[DATASET ENTRIES]:

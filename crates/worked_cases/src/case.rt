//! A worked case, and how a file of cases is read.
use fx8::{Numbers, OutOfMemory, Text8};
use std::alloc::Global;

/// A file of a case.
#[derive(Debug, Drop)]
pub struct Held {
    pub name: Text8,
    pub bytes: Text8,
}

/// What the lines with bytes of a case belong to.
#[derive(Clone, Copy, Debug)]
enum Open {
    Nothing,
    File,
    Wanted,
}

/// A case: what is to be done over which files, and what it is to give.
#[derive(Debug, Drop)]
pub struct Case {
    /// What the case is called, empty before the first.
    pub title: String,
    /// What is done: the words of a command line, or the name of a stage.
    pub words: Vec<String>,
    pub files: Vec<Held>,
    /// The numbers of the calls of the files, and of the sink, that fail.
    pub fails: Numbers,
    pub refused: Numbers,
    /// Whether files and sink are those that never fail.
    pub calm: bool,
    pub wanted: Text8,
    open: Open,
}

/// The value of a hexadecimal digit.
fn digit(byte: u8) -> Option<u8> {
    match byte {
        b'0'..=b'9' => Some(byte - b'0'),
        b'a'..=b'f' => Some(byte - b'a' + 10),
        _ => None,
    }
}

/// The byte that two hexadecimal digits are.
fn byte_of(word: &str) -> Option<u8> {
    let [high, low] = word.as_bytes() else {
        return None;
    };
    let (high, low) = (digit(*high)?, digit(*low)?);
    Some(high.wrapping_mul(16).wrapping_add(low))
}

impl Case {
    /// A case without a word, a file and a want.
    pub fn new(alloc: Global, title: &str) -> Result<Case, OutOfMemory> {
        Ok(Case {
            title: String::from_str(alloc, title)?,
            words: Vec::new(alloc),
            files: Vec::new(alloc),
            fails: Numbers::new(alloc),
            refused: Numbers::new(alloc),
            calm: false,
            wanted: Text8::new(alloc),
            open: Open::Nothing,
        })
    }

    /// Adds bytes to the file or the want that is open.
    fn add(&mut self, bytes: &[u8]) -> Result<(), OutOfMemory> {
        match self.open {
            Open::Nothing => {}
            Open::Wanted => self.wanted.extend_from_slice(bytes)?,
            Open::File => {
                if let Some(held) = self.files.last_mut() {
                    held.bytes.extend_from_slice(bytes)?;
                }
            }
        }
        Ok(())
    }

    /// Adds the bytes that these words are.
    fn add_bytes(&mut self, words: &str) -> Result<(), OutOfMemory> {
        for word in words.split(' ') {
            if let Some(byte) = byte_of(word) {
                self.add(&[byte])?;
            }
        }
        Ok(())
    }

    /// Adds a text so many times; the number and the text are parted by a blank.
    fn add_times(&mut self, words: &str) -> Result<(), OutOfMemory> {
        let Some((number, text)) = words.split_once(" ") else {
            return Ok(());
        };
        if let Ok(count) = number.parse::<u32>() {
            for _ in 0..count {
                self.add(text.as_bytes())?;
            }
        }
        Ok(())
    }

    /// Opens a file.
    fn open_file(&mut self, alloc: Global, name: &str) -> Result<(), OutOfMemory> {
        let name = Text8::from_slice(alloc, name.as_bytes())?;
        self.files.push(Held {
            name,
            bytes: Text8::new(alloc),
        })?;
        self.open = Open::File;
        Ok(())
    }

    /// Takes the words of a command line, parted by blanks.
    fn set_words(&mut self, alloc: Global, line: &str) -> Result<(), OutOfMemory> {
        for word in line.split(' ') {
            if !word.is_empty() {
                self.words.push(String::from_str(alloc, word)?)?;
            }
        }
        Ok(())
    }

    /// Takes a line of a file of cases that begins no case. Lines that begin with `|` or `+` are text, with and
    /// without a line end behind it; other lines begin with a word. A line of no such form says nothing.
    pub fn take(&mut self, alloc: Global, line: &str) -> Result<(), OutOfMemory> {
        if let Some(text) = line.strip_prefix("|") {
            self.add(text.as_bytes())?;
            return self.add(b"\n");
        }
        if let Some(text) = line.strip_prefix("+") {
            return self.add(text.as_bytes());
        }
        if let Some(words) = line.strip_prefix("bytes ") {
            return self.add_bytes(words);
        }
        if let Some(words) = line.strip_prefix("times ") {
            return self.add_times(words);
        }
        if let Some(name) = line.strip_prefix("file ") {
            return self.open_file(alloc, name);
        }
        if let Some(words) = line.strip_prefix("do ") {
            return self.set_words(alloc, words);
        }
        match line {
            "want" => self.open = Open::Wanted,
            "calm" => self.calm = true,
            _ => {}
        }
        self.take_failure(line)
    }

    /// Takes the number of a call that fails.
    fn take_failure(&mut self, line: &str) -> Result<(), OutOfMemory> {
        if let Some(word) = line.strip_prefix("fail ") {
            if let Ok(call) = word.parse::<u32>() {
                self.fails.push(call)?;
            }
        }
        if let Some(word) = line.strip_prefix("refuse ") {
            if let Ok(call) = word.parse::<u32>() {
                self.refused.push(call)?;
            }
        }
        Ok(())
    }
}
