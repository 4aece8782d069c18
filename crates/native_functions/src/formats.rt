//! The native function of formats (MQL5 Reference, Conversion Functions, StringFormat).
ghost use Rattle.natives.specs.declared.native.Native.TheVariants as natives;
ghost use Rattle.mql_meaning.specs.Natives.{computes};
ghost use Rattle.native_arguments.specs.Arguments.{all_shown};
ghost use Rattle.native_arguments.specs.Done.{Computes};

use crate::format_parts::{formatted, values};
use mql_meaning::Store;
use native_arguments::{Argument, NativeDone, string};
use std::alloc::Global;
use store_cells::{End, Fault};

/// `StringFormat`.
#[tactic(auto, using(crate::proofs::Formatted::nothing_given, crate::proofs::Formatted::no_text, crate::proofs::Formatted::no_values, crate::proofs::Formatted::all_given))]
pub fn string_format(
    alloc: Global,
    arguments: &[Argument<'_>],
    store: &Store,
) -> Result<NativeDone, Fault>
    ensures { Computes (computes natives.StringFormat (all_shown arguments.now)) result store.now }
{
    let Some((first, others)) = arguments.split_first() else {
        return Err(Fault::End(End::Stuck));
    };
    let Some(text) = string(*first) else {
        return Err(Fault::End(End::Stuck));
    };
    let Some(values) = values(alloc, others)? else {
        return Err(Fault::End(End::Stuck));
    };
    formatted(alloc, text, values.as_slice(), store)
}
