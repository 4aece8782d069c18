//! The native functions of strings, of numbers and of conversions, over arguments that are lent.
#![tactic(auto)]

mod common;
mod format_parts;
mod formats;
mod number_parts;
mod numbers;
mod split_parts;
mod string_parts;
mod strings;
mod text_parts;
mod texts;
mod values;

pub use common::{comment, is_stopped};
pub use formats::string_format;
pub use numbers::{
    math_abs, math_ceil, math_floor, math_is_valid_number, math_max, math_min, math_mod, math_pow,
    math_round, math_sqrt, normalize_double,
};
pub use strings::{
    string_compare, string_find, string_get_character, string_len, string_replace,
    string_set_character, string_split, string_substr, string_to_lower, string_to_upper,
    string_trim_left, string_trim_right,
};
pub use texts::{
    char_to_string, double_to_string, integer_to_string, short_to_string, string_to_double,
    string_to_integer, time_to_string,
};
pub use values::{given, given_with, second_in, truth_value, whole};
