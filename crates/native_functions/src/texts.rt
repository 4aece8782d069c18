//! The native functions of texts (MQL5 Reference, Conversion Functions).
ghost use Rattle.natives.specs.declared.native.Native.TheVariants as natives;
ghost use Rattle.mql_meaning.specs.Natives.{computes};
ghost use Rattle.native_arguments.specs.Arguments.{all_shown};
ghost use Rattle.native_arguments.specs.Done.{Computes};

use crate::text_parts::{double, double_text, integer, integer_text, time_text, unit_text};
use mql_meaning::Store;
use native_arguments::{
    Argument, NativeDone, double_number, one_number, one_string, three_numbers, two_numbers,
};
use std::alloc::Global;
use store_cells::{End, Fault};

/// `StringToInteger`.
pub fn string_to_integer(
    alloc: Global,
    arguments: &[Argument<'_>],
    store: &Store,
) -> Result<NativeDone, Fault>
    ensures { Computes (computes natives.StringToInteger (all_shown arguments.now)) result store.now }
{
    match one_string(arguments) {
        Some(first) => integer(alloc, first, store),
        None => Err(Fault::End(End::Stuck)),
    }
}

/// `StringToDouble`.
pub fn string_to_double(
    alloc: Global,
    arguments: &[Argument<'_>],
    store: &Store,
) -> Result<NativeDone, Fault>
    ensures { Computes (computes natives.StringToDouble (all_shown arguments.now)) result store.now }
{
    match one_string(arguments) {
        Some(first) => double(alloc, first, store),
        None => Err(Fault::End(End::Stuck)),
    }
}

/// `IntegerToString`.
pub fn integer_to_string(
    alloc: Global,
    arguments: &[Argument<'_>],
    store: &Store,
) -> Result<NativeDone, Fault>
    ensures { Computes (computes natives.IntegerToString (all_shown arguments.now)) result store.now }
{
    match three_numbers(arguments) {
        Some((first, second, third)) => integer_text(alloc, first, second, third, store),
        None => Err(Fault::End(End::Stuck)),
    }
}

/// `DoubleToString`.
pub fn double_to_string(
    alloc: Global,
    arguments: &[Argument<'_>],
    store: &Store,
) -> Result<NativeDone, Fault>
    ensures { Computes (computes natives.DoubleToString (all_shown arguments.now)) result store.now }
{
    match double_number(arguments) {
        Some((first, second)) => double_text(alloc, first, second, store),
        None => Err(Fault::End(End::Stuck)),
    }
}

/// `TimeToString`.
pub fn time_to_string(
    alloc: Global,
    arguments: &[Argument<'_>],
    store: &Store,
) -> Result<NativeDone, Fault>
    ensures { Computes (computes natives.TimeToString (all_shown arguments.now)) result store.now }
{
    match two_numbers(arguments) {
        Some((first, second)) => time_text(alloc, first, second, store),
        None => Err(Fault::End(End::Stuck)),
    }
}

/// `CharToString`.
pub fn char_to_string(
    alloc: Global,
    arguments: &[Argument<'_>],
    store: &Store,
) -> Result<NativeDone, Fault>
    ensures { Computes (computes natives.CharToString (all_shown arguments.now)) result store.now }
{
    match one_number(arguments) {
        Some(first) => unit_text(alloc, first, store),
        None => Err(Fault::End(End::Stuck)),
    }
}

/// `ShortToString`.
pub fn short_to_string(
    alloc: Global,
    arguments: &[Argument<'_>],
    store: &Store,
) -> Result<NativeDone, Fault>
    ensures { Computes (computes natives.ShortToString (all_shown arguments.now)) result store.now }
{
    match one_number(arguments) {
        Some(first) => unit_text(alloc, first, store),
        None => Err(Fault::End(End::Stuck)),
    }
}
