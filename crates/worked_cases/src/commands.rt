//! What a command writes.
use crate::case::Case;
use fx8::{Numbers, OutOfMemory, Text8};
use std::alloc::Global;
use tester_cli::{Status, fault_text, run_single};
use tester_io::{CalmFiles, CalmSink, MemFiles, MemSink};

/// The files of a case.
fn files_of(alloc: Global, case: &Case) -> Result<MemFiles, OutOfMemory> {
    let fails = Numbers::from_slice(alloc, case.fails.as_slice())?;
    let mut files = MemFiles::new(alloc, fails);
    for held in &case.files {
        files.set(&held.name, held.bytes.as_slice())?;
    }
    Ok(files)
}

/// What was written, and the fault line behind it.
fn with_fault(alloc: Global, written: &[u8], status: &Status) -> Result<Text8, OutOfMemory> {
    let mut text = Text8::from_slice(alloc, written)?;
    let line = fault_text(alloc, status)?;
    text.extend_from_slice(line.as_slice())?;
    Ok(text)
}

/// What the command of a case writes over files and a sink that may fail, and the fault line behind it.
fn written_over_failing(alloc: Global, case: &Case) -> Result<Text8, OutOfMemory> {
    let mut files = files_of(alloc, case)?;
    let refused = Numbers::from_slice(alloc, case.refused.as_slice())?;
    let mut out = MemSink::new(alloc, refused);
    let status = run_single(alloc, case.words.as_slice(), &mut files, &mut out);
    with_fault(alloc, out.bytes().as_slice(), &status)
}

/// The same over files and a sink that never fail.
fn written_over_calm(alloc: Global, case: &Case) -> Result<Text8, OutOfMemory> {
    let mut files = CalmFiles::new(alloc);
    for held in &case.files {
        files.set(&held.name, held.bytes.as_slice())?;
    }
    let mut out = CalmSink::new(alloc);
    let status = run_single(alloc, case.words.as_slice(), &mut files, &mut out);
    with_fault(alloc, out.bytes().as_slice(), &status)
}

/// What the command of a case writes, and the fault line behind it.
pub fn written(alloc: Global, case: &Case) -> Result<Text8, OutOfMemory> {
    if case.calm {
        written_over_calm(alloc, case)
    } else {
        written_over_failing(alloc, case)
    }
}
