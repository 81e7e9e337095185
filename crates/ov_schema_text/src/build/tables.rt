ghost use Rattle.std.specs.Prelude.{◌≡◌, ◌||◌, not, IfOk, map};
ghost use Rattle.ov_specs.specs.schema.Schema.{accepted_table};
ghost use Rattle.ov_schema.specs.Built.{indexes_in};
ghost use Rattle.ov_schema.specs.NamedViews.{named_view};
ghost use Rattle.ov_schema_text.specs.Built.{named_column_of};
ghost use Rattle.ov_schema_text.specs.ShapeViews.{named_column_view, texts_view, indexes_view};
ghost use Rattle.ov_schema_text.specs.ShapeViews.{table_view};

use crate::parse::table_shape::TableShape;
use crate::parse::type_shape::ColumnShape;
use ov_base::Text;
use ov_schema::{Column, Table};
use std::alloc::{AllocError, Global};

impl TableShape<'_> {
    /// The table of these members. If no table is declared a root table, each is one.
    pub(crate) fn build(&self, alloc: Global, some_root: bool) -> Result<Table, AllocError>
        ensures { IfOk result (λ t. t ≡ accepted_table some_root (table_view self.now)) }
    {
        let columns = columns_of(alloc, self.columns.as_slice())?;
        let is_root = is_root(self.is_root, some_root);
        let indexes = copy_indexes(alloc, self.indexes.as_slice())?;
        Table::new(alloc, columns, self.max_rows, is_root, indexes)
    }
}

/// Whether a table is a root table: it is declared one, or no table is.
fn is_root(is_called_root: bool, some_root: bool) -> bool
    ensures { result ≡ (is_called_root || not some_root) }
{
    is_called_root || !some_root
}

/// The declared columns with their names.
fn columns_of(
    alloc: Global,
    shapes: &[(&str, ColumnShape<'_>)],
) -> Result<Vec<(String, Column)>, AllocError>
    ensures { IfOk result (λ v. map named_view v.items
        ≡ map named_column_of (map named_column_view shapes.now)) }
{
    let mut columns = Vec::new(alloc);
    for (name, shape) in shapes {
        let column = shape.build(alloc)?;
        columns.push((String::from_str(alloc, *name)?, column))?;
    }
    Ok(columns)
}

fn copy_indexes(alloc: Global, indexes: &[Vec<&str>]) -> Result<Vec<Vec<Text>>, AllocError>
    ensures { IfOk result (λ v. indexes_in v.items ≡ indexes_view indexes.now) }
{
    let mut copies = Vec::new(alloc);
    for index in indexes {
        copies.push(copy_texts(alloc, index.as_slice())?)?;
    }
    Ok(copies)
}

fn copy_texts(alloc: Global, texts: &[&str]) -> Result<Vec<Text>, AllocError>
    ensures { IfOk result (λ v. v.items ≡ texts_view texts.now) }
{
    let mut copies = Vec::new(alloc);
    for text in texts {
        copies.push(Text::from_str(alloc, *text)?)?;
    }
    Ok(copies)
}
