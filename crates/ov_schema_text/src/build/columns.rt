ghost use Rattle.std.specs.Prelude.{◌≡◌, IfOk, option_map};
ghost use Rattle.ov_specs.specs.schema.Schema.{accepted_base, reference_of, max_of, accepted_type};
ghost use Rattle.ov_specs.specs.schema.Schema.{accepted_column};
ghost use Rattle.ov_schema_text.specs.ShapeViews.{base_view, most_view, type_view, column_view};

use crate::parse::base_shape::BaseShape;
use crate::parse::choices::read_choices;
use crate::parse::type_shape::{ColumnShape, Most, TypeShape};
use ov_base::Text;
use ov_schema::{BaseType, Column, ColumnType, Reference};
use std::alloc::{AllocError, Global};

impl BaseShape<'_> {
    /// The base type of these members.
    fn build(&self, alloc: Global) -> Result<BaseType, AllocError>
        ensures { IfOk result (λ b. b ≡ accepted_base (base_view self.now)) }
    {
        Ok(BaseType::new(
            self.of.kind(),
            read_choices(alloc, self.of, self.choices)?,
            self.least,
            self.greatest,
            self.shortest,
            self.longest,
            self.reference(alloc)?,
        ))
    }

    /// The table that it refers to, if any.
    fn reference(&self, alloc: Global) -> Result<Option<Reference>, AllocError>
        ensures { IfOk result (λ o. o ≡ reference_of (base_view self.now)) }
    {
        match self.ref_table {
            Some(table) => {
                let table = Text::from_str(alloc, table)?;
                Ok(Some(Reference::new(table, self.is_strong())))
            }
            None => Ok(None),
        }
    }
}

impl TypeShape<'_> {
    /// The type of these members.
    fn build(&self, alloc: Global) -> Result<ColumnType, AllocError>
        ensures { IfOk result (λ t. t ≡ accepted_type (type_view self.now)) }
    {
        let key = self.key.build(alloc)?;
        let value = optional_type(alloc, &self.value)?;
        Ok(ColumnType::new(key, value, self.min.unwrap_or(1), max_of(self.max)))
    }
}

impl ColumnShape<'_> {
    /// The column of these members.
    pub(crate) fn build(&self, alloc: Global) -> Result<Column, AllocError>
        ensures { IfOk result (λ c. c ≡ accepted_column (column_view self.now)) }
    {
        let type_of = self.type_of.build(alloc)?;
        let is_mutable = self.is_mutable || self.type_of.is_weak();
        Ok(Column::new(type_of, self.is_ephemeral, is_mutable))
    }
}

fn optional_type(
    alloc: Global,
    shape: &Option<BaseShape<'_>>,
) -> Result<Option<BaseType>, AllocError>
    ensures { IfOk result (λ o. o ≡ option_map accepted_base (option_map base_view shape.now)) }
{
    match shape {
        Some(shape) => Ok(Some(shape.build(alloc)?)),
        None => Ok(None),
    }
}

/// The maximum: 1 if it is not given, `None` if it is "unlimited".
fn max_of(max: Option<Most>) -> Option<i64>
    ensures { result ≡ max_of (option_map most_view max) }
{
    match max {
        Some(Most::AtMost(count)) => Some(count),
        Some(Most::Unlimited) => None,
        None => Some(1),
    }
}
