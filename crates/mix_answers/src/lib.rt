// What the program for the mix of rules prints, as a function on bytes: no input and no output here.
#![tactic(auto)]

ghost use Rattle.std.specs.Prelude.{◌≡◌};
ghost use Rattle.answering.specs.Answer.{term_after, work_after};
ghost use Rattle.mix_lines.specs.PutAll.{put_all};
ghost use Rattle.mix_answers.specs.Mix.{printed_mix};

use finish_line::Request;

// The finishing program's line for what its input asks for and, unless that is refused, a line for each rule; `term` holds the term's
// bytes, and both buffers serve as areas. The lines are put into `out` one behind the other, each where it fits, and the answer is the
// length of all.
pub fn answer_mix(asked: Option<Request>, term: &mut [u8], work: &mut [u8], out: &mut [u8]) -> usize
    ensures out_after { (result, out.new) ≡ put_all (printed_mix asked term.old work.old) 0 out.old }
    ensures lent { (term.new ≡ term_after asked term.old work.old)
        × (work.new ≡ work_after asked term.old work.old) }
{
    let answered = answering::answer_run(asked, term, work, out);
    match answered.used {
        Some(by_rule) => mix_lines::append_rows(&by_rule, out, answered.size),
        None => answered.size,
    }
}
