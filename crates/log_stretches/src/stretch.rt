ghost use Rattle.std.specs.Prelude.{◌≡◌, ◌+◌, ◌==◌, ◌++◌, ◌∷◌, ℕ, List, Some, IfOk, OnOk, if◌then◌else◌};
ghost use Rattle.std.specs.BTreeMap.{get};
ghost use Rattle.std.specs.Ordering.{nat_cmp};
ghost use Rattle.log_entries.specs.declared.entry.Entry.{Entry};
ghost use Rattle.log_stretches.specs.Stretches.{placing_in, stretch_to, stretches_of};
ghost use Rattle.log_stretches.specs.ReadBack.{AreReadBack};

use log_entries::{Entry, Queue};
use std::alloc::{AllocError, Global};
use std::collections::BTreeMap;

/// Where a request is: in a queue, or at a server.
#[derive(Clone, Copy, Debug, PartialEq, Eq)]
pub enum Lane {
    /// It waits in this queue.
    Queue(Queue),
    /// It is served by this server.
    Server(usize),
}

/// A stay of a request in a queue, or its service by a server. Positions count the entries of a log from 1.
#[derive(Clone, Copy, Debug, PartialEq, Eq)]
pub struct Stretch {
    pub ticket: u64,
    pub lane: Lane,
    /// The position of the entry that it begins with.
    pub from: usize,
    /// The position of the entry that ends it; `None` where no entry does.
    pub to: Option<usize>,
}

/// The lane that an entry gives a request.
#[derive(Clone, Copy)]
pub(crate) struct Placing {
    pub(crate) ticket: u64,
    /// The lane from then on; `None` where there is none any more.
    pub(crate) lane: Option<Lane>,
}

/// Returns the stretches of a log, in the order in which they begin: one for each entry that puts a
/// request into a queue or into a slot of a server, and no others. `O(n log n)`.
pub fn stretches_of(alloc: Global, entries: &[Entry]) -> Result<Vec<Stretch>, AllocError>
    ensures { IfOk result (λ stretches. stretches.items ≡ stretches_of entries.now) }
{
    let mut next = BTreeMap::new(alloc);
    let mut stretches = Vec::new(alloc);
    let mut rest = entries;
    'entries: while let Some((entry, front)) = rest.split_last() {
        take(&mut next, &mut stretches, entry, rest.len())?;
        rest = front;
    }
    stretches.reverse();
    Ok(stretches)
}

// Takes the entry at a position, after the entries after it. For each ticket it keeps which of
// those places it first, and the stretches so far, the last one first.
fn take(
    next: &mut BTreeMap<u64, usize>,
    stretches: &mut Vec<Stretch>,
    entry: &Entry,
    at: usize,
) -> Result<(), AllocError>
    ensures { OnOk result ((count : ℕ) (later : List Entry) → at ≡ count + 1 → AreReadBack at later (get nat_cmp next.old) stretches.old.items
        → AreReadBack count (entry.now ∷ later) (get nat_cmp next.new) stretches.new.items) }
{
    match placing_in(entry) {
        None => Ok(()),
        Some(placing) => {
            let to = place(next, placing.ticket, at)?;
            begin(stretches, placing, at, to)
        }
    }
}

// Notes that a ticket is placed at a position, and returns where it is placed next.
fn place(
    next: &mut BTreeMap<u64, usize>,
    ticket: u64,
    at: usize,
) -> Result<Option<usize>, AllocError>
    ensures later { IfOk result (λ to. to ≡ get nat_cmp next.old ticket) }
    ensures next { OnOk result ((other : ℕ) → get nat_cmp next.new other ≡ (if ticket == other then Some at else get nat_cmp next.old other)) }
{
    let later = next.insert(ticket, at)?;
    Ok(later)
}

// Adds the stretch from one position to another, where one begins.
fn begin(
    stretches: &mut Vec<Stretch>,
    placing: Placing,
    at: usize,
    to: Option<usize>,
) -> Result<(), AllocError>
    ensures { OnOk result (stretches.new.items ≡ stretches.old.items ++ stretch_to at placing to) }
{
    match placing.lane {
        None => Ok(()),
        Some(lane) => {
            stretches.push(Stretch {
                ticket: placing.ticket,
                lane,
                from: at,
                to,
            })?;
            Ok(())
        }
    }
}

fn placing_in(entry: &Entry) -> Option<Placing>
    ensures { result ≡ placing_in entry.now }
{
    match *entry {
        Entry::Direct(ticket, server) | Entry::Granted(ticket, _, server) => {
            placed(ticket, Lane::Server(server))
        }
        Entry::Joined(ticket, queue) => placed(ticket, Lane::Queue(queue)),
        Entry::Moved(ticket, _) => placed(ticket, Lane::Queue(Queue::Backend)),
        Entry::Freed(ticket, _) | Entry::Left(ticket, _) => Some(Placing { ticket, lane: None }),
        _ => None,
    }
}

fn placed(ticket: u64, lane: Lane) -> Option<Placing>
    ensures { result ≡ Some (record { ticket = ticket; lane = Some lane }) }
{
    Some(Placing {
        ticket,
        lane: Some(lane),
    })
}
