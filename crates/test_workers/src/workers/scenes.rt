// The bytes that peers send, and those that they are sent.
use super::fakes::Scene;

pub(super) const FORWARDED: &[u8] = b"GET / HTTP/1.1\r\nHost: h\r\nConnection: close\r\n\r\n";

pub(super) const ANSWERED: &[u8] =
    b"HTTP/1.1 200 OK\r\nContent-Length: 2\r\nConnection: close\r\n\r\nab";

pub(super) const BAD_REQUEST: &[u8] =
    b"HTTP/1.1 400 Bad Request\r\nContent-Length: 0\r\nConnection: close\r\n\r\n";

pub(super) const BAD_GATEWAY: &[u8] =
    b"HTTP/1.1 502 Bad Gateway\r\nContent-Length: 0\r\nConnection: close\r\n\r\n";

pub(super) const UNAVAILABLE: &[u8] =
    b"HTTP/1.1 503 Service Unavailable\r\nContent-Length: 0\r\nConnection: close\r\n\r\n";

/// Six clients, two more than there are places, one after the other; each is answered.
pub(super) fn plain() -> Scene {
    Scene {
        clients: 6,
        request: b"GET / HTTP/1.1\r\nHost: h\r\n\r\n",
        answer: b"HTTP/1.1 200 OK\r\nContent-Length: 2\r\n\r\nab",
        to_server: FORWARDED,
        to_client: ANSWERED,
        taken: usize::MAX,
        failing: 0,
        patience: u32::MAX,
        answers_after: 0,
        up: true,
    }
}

[WHAT TO WORK ON]: What you give back must match the material exactly, beginning with its first line and ending with the line holding "case belong to.".

[SOLUTION TO THE EXERCISE]:
filename crates/worked_cases/src/case.rt
//! A worked case, and how a file of cases is read.
use fx8::{Numbers, OutOfMemory, Text8};
use std::alloc::Global;

/// A file of a case.
#[derive(Debug, Drop)]
pub struct Held {
    pub name: Text8,
    pub bytes: Text8,
}

/// What the lines with bytes of a case belong to.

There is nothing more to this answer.